--- START ---

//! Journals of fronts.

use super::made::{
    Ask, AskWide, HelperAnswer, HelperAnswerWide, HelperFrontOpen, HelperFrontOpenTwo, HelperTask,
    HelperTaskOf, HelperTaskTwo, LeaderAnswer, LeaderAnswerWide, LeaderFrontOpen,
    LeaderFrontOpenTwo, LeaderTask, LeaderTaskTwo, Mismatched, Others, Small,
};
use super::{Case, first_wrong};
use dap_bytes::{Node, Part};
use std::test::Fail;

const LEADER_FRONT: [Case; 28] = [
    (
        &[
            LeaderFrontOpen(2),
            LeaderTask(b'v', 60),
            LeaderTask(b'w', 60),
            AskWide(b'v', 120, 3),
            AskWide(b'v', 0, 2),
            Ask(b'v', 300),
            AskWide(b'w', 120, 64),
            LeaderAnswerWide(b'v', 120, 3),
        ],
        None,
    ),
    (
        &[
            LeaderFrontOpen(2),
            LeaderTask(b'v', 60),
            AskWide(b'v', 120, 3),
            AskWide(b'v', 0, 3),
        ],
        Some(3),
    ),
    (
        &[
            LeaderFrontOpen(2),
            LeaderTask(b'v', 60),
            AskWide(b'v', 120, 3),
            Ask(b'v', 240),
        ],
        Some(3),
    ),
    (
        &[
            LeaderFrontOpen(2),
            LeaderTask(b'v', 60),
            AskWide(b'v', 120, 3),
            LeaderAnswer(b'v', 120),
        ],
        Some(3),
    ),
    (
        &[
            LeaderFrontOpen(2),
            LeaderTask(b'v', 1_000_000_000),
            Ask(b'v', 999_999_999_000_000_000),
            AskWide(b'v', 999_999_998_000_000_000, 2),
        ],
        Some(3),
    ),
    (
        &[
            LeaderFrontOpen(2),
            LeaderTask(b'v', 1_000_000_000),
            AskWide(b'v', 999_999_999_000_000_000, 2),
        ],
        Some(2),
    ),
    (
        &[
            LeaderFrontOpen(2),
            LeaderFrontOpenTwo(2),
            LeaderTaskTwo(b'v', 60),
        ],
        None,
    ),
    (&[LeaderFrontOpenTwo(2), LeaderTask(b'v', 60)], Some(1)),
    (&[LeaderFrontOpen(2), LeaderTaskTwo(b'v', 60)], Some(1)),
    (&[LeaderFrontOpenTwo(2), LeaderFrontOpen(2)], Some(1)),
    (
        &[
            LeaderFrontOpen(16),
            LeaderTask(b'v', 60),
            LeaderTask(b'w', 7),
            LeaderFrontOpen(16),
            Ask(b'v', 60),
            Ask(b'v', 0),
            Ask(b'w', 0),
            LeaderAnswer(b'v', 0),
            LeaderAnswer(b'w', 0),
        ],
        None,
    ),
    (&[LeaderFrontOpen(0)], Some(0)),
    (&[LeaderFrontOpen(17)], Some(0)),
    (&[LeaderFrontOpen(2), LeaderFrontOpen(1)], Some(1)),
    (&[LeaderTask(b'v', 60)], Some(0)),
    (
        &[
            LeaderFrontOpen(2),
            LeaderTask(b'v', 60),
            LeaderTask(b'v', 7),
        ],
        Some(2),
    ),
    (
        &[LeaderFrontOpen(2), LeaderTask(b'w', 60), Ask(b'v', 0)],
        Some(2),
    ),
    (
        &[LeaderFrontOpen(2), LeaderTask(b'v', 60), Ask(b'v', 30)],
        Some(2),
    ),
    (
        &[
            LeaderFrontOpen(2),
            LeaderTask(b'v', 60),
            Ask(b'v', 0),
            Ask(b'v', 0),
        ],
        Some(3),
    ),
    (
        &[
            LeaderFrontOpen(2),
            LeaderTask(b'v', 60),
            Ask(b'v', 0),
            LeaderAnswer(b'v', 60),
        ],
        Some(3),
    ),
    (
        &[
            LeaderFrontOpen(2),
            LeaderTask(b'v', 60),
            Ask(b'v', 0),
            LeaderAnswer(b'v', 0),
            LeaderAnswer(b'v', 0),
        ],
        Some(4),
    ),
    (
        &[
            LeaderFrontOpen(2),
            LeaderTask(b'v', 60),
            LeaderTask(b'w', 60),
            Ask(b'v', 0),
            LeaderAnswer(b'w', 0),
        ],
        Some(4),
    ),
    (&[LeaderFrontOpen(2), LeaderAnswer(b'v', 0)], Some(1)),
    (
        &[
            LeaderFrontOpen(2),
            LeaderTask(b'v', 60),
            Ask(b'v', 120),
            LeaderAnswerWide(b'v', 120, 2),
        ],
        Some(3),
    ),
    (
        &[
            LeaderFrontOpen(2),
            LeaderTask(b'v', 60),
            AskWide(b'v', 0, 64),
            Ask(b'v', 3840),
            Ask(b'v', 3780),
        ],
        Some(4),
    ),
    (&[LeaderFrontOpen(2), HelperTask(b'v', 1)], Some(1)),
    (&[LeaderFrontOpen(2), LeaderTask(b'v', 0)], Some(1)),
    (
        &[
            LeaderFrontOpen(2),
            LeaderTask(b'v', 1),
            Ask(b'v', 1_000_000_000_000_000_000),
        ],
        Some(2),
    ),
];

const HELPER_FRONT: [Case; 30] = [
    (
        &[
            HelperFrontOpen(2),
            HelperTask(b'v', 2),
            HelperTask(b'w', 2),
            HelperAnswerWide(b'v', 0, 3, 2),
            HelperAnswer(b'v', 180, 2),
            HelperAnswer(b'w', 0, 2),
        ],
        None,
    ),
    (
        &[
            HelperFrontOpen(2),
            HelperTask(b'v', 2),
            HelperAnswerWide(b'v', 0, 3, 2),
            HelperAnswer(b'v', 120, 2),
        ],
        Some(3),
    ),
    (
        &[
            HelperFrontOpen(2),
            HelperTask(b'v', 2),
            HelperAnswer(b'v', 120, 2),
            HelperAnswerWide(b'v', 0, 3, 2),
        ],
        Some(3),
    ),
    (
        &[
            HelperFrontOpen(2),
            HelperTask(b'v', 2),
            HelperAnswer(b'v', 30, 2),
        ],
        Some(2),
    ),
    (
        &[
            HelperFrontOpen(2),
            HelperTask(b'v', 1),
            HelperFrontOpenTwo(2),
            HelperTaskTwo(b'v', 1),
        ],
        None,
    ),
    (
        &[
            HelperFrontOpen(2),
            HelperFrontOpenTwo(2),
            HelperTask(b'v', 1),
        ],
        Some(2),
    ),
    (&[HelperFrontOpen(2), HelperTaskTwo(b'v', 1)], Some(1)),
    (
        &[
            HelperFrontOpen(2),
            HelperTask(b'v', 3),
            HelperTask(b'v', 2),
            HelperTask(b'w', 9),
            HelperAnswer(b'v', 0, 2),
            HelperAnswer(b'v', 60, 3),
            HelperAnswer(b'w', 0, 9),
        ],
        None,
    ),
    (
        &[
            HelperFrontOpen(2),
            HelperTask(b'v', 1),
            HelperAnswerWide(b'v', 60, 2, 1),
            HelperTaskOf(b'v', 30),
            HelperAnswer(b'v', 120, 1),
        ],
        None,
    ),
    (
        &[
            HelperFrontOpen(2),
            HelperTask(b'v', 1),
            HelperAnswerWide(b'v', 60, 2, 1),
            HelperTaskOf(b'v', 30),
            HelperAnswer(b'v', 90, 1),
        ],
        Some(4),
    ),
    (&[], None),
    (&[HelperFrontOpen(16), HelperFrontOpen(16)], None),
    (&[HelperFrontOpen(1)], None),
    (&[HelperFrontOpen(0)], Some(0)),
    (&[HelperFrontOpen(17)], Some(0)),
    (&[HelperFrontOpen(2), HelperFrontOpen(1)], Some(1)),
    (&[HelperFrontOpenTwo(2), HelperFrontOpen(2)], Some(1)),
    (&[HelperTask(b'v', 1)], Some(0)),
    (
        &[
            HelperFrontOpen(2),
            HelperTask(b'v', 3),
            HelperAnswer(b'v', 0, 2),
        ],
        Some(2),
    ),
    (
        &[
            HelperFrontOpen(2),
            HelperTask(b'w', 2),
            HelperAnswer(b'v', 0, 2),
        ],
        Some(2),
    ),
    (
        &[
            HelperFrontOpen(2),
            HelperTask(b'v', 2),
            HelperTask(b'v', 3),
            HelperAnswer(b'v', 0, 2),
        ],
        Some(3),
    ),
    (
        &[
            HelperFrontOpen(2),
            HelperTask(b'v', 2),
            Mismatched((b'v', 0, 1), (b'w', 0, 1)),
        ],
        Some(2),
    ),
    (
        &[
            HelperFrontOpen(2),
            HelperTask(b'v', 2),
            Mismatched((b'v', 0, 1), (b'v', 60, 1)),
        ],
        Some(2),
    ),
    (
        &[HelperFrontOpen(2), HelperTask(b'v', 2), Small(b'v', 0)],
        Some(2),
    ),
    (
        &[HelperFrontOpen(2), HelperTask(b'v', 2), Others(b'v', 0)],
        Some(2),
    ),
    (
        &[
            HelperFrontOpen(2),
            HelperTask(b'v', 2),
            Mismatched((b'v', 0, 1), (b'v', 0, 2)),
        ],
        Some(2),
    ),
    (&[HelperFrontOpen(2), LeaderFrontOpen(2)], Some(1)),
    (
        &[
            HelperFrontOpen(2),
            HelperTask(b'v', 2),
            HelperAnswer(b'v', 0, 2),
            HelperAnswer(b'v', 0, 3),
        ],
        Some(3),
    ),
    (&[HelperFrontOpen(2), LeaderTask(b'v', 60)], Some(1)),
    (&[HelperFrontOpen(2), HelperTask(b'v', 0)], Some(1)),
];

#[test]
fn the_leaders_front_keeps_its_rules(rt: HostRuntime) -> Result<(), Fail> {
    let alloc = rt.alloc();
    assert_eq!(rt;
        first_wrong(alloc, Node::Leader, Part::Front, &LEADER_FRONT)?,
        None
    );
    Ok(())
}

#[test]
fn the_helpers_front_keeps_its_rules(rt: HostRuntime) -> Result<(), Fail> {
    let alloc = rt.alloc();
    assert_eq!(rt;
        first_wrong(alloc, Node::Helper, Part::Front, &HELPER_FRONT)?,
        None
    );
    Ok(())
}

--- END ---

Problem details
Pull out the lines above in which the word "LeaderTaskTwo" appears.

Problem solution
    LeaderFrontOpenTwo, LeaderTask, LeaderTaskTwo, Mismatched, Others, Small,
            LeaderTaskTwo(b'v', 60),
    (&[LeaderFrontOpen(2), LeaderTaskTwo(b'v', 60)], Some(1)),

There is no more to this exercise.